WHAT NEEDS TO BE DONE
The material below holds a span beginning at the line with "let third = same_byte(arena, a, b, 2)?;" and ending at the line with "ts ≡ shape.bytes_are". Quote that span exactly, both ends included, and only that span.

GIVEN RECORDS
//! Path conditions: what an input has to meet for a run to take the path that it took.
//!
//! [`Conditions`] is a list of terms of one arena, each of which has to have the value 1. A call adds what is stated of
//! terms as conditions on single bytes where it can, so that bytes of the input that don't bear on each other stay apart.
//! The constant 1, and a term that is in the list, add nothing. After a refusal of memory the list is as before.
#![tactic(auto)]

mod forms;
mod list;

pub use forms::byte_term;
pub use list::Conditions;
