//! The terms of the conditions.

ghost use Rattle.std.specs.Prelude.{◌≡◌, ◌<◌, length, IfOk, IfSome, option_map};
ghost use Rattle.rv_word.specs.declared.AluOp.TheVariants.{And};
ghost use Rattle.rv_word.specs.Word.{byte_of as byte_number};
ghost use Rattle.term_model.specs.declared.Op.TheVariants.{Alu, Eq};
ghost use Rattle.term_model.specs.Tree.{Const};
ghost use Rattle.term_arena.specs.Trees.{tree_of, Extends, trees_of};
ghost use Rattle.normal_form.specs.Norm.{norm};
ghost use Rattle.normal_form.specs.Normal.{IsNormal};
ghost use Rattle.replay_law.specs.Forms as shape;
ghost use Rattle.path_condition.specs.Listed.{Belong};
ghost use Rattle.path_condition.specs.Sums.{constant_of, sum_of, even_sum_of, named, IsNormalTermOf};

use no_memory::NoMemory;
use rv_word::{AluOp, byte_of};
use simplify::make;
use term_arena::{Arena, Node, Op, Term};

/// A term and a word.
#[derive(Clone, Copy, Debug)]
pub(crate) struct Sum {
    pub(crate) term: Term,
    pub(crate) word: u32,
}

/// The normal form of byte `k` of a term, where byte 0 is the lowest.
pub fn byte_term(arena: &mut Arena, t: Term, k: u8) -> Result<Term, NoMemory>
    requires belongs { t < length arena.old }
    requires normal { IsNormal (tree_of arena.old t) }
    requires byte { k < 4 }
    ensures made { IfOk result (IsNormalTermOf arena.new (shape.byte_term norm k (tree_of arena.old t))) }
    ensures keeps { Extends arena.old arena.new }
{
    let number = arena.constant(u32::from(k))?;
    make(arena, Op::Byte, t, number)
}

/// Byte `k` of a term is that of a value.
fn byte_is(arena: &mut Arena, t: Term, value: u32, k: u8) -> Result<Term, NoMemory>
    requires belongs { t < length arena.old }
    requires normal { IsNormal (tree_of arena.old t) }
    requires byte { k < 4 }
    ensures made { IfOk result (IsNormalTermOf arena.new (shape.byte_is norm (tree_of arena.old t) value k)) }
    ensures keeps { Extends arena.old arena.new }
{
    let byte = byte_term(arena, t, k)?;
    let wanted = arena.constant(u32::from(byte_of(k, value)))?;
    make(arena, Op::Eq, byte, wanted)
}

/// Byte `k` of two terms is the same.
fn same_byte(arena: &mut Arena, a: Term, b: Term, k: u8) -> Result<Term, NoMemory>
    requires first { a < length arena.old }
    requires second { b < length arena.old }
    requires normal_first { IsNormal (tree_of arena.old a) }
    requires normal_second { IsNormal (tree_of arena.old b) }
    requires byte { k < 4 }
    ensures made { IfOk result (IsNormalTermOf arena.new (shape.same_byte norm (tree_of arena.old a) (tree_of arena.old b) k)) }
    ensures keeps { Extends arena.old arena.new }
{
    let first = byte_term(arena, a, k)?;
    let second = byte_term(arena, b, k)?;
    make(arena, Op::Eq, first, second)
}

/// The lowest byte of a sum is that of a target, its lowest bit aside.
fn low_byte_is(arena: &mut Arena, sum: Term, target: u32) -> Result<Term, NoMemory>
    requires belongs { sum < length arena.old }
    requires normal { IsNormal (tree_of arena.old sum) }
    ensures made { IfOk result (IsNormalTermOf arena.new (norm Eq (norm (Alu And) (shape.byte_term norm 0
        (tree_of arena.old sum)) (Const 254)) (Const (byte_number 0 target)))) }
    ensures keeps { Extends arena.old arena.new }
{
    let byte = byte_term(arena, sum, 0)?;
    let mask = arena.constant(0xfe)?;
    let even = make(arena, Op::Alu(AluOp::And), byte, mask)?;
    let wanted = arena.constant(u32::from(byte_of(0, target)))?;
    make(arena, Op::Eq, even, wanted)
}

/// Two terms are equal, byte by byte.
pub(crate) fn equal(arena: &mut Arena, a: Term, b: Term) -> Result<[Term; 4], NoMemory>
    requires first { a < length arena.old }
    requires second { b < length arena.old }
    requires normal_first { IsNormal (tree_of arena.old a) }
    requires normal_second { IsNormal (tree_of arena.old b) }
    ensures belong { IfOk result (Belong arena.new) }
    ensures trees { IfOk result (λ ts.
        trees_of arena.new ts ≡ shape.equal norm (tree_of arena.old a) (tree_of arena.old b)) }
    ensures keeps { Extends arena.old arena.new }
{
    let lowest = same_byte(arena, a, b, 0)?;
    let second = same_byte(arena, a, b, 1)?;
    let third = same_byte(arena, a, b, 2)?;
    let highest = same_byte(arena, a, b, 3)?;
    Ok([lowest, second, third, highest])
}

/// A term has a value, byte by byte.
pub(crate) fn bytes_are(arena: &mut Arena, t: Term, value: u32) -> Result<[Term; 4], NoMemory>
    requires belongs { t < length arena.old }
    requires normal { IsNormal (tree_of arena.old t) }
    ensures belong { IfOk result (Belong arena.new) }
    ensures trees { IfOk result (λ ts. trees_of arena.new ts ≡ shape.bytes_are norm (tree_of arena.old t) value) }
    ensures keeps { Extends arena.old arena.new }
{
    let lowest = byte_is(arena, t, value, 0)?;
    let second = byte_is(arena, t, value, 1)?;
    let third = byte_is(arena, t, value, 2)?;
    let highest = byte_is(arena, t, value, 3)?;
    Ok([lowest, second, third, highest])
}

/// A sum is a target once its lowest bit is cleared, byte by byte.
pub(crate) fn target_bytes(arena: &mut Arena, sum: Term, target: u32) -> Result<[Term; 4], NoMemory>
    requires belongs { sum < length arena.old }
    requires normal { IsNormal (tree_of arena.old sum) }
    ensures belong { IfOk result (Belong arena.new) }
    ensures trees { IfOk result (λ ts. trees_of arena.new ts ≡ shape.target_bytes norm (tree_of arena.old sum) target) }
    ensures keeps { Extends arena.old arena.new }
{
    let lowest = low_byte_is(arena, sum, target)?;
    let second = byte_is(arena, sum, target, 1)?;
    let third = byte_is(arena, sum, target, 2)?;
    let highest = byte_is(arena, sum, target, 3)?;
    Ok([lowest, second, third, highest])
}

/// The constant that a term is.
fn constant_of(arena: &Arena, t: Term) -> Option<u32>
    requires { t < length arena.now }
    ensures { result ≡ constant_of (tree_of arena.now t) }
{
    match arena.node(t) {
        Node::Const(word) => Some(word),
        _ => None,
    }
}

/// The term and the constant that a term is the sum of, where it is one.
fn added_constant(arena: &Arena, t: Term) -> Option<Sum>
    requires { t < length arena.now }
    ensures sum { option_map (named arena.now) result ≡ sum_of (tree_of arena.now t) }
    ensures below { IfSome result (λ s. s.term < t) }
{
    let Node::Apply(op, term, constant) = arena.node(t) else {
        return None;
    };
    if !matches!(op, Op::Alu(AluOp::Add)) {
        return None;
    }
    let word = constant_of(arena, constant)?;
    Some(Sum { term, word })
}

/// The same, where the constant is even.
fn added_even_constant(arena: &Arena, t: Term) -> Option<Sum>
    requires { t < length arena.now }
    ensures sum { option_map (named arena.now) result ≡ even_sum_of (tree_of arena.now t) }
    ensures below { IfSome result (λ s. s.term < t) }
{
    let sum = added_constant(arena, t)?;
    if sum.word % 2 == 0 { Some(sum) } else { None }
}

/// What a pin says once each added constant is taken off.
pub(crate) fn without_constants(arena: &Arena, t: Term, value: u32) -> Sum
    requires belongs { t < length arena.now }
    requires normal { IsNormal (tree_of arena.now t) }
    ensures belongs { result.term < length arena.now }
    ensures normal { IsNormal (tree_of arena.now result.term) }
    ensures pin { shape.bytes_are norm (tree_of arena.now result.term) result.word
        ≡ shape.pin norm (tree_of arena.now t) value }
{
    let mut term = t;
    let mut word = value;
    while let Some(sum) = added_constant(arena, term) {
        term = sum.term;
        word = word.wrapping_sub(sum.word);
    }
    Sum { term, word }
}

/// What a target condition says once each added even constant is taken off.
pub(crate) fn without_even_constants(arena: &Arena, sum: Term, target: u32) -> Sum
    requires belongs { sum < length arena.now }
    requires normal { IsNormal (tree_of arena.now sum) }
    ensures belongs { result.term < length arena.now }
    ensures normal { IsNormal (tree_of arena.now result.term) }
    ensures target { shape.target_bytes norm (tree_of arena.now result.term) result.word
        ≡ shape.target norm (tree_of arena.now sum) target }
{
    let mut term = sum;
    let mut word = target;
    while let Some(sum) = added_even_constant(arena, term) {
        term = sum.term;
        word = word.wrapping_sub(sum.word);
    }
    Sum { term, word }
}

TASK RESULT
    let third = same_byte(arena, a, b, 2)?;
    let highest = same_byte(arena, a, b, 3)?;
    Ok([lowest, second, third, highest])
}

/// A term has a value, byte by byte.
pub(crate) fn bytes_are(arena: &mut Arena, t: Term, value: u32) -> Result<[Term; 4], NoMemory>
    requires belongs { t < length arena.old }
    requires normal { IsNormal (tree_of arena.old t) }
    ensures belong { IfOk result (Belong arena.new) }
    ensures trees { IfOk result (λ ts. trees_of arena.new ts ≡ shape.bytes_are norm (tree_of arena.old t) value) }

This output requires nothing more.